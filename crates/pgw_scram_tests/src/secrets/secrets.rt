//! Stored secrets, and logins over them.
use pgw_scram::client::{
    ScramClientAuth, ScramClientAuthWaitingForServerFinal, ScramClientAuthWaitingForServerFirst,
};
use pgw_secrets::secret::{SecretFault, StoredSecret};
use pgw_secrets::server::{StoredScramAuth, StoredScramWaiting};
use pgw_types::error::PgWireResult;
use pgw_types::memory::OutOfMemory;
use pgw_types::text::Text;
use std::alloc::Global;
use std::fmt::Debug;
use std::process::Abort;
use std::test::Fail;

const SALT: &[u8] = b"\x5b\x6d\x99\x68\x9d\x12\x35\x8e\xec\xa0\x4b\x14\x12\x36\xfa\x81";

const BARE: &[u8] = b"n=user,r=rOprNGfwEbeRWgbNEkqO";

const FIRST: &[u8] =
    b"r=rOprNGfwEbeRWgbNEkqO%hvYDpWUa2RaTCAfuxFIlj)hNlF$k0,s=W22ZaJ0SNY7soEsUEjb6gQ==,i=4096";

const WITHOUT_PROOF: &[u8] = b"c=biws,r=rOprNGfwEbeRWgbNEkqO%hvYDpWUa2RaTCAfuxFIlj)hNlF$k0";

// A proof of the example, and whether it is one: the one of RFC 7677, section 3, another, one that is no base64, and one
// of 31 bytes.
const PROOFS: &[(&str, bool)] = &[
    ("dHzbZapWIk4jUhN+Ute9ytag9zjfMHgsqmmiz7AndVQ=", true),
    ("dHzbZapWIk4jUhN+Ute9ytag9zjfMHgsqmmiz7AndVU=", false),
    ("dHzbZapWIk4jUhN+Ute9ytag9zjfMHgsqmmiz7AndVR=", false),
    ("dHzbZapWIk4jUhN+Ute9ytag9zjfMHgsqmmiz7AndQ==", false),
    ("", false),
];

// The secret of the example of RFC 7677, section 3.
fn example(alloc: Global) -> Result<StoredSecret, OutOfMemory> {
    StoredSecret::make(alloc, "pencil", SALT, 4096)
}

fn check_proofs<R: Abort>(rt: &R, alloc: Global, secret: &StoredSecret) -> Result<(), OutOfMemory> {
    for (proof, wanted) in PROOFS {
        let found = secret.verify_proof(alloc, BARE, FIRST, WITHOUT_PROOF, proof)?;
        assert_eq!(rt; found, *wanted, "{proof}");
    }
    Ok(())
}

#[test]
fn proofs(rt: HostRuntime) -> Result<(), Fail> {
    let secret = example(rt.alloc())?;
    check_proofs(&rt, rt.alloc(), &secret)?;
    Ok(())
}

#[test]
fn signature(rt: HostRuntime) -> Result<(), Fail> {
    let signature = example(rt.alloc())?.signature(BARE, FIRST, WITHOUT_PROOF);
    assert_eq!(rt;
        signature.as_slice(),
        b"6rriTRBi23WpRR/wtup+mMhUZUn/dB5nLTJRsjl95G4=".as_slice()
    );
    Ok(())
}

// The text of a password's secret, with the salt of the example and so many rounds. The keys were computed with Python's
// hashlib.
const TEXTS: &[(&str, u32, &str)] = &[
    (
        "pencil",
        4096,
        "SCRAM-SHA-256$4096:W22ZaJ0SNY7soEsUEjb6gQ==$WG5d8oPm3OtcPnkdi4Uo7BkeZkBFzpcXkuLmtbsT4qY=:wfPLwcE6nTWhTAmQ7tl2KeoiWGPlZqQxSrmfPwDl2dU=",
    ),
    (
        "secret",
        1,
        "SCRAM-SHA-256$1:W22ZaJ0SNY7soEsUEjb6gQ==$8x2B4yhiw6z+YCrlrPDl906m86uimd/lEx0dXfwmCl4=:NGZ3B36yqWam01mOBQur+jcPNMIsN0NDOk/J/ZVaWaA=",
    ),
];

fn text_of(alloc: Global, password: &str, salt: &[u8], count: u32) -> Result<Text, OutOfMemory> {
    StoredSecret::make(alloc, password, salt, count.max(1))?.to_text(alloc)
}

fn read_again(alloc: Global, text: &str) -> Result<Text, SecretFault> {
    let secret = StoredSecret::read(alloc, text)?;
    Ok(secret.to_text(alloc)?)
}

// A text that is read back is itself.
fn check_again<R: Abort>(rt: &R, alloc: Global, text: &str) -> Result<(), SecretFault> {
    let again = read_again(alloc, text)?;
    assert_eq!(rt; again.as_str(), text);
    Ok(())
}

#[test]
fn texts(rt: HostRuntime) -> Result<(), Fail> {
    for (password, count, wanted) in TEXTS {
        let text = text_of(rt.alloc(), password, SALT, *count)?;
        assert_eq!(rt; text.as_str(), *wanted);
        drop(text);
        check_again(&rt, rt.alloc(), wanted)?;
    }
    Ok(())
}

// What PostgreSQL 15 keeps of the password `geheim`, by `CREATE ROLE .. PASSWORD`.
const POSTGRESQLS: &str =
    "SCRAM-SHA-256$4096:lZ6Gtg9s0e9tJ+KUjm7eXw==$rCjGxHdegP4njk+eN5bpbxxApZdEwM62b3m+jrikYnY=:tFYkI95ci1iRJCuZRB8vh49BTlwcvNl4YvChjnV6M0s=";

#[test]
fn postgresqls_own(rt: HostRuntime) -> Result<(), Fail> {
    check_again(&rt, rt.alloc(), POSTGRESQLS)?;
    let found = logged_in(rt.alloc(), "geheim", POSTGRESQLS)?;
    assert_eq!(rt; found.as_str(), "accepted");
    Ok(())
}

// A text that tells no secret, and its first faulty part.
const FAULTS: &[(&str, SecretFault)] = &[
    ("", SecretFault::Prefix),
    ("md5abc", SecretFault::Prefix),
    ("scram-sha-256$1:$:", SecretFault::Prefix),
    ("SCRAM-SHA-256$", SecretFault::Count),
    ("SCRAM-SHA-256$4096", SecretFault::Count),
    ("SCRAM-SHA-256$0:YmFy$", SecretFault::Count),
    ("SCRAM-SHA-256$4294967296:YmFy$", SecretFault::Count),
    ("SCRAM-SHA-256$-1:YmFy$", SecretFault::Count),
    ("SCRAM-SHA-256$1:YmFy", SecretFault::Salt),
    ("SCRAM-SHA-256$1:YmFyx$a:b", SecretFault::Salt),
    ("SCRAM-SHA-256$1:YmF=$a:b", SecretFault::Salt),
    ("SCRAM-SHA-256$1:YmFy$", SecretFault::StoredKey),
    ("SCRAM-SHA-256$1:YmFy$YmFy:YmFy", SecretFault::StoredKey),
    (
        "SCRAM-SHA-256$1:YmFy$AAAAAAAAAAAAAAAAAAAAAAAAAAAAAAAAAAAAAAAAAAA=",
        SecretFault::StoredKey,
    ),
    (
        "SCRAM-SHA-256$1:YmFy$AAAAAAAAAAAAAAAAAAAAAAAAAAAAAAAAAAAAAAAAAAA=:YmFy",
        SecretFault::ServerKey,
    ),
    (
        "SCRAM-SHA-256$1:$AAAAAAAAAAAAAAAAAAAAAAAAAAAAAAAAAAAAAAAAAAA=:AAAAAAAAAAAAAAAAAAAAAAAAAAAAAAAAAAAAAAAAAAA= ",
        SecretFault::ServerKey,
    ),
];

#[test]
fn faults(rt: HostRuntime) {
    for (text, wanted) in FAULTS {
        let found = StoredSecret::read(rt.alloc(), text).err();
        assert_eq!(rt; found, Some(*wanted), "{text}");
    }
}

// The server that keeps the secret of this text.
fn server_of(alloc: Global, text: &str) -> Option<StoredScramAuth> {
    let mut secret = StoredSecret::read(alloc, text).ok()?;
    secret.count = secret.count.max(1);
    Some(StoredScramAuth::new(secret))
}

// A client of bob with this password.
fn client_of(alloc: Global, password: &str) -> Option<ScramClientAuth> {
    let user = Text::from_str(alloc, "bob").ok()?;
    let password = Text::from_str(alloc, password).ok()?;
    Some(ScramClientAuth::new(user, password))
}

// The server's first message, and both ends behind it.
fn first_of(
    alloc: Global,
    client: ScramClientAuth,
    server: &StoredScramAuth,
) -> Option<
    (
        Text,
        ScramClientAuthWaitingForServerFirst,
        StoredScramWaiting,
    ),
> {
    let (first, client) = client.build_client_first(alloc, &[0; 18]).ok()?;
    let first = first.as_str().as_bytes();
    let (answer, server) = server.on_client_first_message(alloc, first, &[1; 18]).ok()?;
    Some((answer, client, server))
}

// The server's first message of a login, and both ends behind it.
fn begun(
    alloc: Global,
    password: &str,
    secret: &str,
) -> Option<
    (
        Text,
        ScramClientAuthWaitingForServerFirst,
        StoredScramWaiting,
    ),
> {
    let server = server_of(alloc, secret)?;
    let client = client_of(alloc, password)?;
    first_of(alloc, client, &server)
}

// The client's last message, and both ends behind it.
fn last_of(
    alloc: Global,
    password: &str,
    secret: &str,
) -> Option<
    (
        Text,
        ScramClientAuthWaitingForServerFinal,
        StoredScramWaiting,
    ),
> {
    let (answer, client, server) = begun(alloc, password, secret)?;
    let answer = answer.as_str().as_bytes();
    let (last, client) = client.build_client_final(alloc, answer).ok()?;
    Some((last, client, server))
}

fn shown<T: Debug>(alloc: Global, value: &T) -> Result<String, OutOfMemory> {
    Ok(format!(in alloc; "{value:?}")?)
}

// Whether the client takes the server's last message for the server's.
fn verdict(
    alloc: Global,
    client: &ScramClientAuthWaitingForServerFinal,
    text: &Text,
) -> &'static str {
    if client
        .verify_server_final(alloc, text.as_str().as_bytes())
        .is_ok()
    {
        "accepted"
    } else {
        "another server"
    }
}

// What the client finds of the server's answer, or why the server refused it.
fn told(
    alloc: Global,
    client: &ScramClientAuthWaitingForServerFinal,
    answer: &PgWireResult<Text>,
) -> Result<String, OutOfMemory> {
    match answer {
        Ok(text) => Ok(String::from_str(alloc, verdict(alloc, client, text))?),
        Err(error) => shown(alloc, error),
    }
}

fn judged(
    alloc: Global,
    last: &Text,
    client: &ScramClientAuthWaitingForServerFinal,
    server: &StoredScramWaiting,
) -> Result<String, OutOfMemory> {
    let answer = server.on_client_final_message(alloc, last.as_str().as_bytes());
    let told = told(alloc, client, &answer);
    drop(answer);
    told
}

// A login of a client with this password, by the server that keeps this secret's text: what the server answers last.
fn logged_in(alloc: Global, password: &str, secret: &str) -> Result<String, OutOfMemory> {
    match last_of(alloc, password, secret) {
        Some((last, client, server)) => judged(alloc, &last, &client, &server),
        None => Ok(String::from_str(alloc, "no exchange")?),
    }
}

// A password that a secret is made of, one that a client has, and what the server answers.
const LOGINS: &[(&str, &str, &str)] = &[
    ("pencil", "pencil", "accepted"),
    (
        "pencil",
        "pencils",
        "InvalidPassword(Text { text: \"bob\" })",
    ),
];

// A login at the server that keeps the one password's secret, by a client that has the other.
fn login(alloc: Global, kept: &str, given: &str) -> Result<String, OutOfMemory> {
    let text = text_of(alloc, kept, SALT, 7)?;
    logged_in(alloc, given, text.as_str())
}

#[test]
fn logins(rt: HostRuntime) -> Result<(), Fail> {
    for (kept, given, wanted) in LOGINS {
        let found = login(rt.alloc(), kept, given)?;
        assert_eq!(rt; found.as_str(), *wanted);
    }
    Ok(())
}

** Your goal **
Respond with the count of lines in the material above that contain the word "kept", and add nothing to it.

** Solved exercise **
4